((
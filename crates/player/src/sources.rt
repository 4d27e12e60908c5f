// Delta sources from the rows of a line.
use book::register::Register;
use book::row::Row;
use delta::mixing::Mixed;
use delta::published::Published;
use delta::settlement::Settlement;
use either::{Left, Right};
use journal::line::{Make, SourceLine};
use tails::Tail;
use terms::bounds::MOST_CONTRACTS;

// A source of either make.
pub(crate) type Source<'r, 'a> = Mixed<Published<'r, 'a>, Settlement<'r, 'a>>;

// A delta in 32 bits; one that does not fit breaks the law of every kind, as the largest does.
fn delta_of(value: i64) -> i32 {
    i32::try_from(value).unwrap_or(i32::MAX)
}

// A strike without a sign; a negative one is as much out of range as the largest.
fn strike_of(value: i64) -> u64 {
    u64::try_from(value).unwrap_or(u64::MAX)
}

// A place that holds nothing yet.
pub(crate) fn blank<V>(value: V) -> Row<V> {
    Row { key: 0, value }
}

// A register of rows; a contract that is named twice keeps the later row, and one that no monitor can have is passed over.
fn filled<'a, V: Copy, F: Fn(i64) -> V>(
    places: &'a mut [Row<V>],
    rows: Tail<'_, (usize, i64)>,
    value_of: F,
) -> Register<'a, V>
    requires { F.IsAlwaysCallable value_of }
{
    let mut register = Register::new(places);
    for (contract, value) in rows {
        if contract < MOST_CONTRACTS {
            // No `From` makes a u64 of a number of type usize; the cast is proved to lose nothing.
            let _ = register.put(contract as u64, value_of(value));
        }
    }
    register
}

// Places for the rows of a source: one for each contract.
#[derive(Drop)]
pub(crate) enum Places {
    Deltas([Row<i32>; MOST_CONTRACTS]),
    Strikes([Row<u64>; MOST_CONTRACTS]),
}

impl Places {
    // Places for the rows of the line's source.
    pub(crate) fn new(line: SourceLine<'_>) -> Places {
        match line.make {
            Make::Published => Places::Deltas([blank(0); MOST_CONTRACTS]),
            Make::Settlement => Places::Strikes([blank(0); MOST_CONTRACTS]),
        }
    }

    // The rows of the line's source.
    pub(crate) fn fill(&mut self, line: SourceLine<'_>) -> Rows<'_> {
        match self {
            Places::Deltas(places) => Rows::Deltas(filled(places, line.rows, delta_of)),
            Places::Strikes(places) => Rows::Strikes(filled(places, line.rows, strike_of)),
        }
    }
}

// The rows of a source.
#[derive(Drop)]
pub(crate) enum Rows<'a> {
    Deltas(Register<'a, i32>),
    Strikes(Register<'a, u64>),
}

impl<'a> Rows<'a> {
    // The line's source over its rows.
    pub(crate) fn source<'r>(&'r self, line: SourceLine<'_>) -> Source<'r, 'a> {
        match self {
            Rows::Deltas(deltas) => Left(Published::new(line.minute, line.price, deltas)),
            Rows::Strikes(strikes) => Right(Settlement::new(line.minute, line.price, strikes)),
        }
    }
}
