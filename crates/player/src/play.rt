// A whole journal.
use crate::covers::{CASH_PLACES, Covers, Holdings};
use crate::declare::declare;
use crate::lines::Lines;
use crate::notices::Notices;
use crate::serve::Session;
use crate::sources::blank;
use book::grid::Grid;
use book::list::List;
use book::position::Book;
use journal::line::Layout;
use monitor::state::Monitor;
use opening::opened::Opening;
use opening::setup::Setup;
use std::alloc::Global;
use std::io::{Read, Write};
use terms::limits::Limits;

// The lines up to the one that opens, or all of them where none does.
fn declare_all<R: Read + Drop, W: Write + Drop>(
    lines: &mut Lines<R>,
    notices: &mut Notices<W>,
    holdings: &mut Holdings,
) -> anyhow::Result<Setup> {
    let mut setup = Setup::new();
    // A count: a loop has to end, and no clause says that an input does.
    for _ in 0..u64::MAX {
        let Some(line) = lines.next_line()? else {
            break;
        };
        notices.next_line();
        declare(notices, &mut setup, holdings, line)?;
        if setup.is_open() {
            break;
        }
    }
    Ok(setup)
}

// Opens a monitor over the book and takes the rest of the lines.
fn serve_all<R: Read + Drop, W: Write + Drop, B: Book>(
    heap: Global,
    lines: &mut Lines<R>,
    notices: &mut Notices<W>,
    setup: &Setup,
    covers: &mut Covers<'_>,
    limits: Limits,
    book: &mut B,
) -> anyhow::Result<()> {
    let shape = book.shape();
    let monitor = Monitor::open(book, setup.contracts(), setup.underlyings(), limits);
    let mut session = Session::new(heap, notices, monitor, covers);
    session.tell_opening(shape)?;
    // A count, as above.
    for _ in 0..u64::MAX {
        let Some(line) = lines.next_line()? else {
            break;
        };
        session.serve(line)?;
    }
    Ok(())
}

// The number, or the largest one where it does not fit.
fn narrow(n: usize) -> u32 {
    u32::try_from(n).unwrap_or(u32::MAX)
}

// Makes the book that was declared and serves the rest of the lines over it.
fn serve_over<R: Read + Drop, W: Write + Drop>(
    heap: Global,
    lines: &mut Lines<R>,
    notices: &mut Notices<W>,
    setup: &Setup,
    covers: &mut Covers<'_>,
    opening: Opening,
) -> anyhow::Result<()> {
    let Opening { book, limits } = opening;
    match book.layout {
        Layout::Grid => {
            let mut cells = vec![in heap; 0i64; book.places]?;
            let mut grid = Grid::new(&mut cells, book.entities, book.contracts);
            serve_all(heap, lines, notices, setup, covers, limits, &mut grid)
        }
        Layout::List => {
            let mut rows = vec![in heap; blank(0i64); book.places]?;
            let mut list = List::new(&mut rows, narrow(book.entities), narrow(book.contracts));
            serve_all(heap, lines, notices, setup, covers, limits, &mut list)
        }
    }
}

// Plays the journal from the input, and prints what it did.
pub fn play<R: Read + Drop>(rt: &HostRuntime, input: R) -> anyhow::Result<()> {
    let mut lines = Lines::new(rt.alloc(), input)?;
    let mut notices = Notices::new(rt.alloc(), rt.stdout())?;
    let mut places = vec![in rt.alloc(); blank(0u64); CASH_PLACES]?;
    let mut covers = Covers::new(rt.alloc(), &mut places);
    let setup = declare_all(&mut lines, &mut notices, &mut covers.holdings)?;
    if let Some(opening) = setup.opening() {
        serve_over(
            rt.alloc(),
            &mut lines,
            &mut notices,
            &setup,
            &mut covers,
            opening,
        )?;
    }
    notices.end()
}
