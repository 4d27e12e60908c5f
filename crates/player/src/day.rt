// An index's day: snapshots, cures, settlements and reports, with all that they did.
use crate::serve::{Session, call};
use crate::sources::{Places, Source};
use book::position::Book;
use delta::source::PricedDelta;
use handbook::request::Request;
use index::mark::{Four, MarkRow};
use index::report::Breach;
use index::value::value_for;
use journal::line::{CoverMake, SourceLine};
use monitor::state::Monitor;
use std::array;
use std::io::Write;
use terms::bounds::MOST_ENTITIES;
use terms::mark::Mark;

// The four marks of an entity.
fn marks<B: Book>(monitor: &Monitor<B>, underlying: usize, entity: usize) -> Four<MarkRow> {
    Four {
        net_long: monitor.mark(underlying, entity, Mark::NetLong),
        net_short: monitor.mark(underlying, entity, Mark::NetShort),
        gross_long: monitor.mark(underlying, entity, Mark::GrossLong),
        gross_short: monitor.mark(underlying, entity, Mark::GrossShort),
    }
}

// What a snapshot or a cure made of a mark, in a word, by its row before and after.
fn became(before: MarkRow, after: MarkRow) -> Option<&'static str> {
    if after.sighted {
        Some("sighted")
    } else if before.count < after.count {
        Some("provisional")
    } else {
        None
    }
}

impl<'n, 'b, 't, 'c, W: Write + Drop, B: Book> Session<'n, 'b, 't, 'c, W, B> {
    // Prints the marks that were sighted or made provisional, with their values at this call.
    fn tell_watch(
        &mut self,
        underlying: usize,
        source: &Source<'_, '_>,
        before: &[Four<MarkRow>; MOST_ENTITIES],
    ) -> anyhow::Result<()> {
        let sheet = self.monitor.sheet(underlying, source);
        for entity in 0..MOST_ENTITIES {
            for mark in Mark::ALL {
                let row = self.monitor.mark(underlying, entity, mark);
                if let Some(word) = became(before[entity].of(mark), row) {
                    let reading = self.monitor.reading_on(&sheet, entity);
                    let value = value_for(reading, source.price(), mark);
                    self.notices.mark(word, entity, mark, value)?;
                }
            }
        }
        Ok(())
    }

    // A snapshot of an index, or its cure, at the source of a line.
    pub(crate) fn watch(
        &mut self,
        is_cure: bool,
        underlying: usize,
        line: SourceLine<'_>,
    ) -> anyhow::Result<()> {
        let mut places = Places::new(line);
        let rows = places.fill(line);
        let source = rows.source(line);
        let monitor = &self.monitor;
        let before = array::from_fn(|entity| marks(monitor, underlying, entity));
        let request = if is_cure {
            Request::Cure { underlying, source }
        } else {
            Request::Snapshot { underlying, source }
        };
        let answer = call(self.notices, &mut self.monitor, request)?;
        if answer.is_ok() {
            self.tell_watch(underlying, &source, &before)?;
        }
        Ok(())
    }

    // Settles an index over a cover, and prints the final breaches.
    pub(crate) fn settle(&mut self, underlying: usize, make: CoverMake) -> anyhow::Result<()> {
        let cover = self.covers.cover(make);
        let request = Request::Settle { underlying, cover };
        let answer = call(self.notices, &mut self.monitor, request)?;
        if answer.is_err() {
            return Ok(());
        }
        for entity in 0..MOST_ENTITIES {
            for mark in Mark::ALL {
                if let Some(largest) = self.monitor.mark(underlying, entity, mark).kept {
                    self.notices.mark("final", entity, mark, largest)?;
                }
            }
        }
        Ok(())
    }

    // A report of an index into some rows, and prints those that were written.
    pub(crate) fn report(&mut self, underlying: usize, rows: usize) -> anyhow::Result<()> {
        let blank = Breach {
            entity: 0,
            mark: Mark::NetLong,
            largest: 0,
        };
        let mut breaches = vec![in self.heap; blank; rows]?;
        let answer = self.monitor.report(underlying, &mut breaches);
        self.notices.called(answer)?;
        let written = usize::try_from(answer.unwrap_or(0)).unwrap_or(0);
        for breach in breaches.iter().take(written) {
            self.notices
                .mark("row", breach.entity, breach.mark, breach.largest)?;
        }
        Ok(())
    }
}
))
Everything from the line containing "let mut breaches" through the last line of the listing must be reproduced exactly, and no other line.

* **Task solution**
        let mut breaches = vec![in self.heap; blank; rows]?;
        let answer = self.monitor.report(underlying, &mut breaches);
        self.notices.called(answer)?;
        let written = usize::try_from(answer.unwrap_or(0)).unwrap_or(0);
        for breach in breaches.iter().take(written) {
            self.notices
                .mark("row", breach.entity, breach.mark, breach.largest)?;
        }
        Ok(())
    }
}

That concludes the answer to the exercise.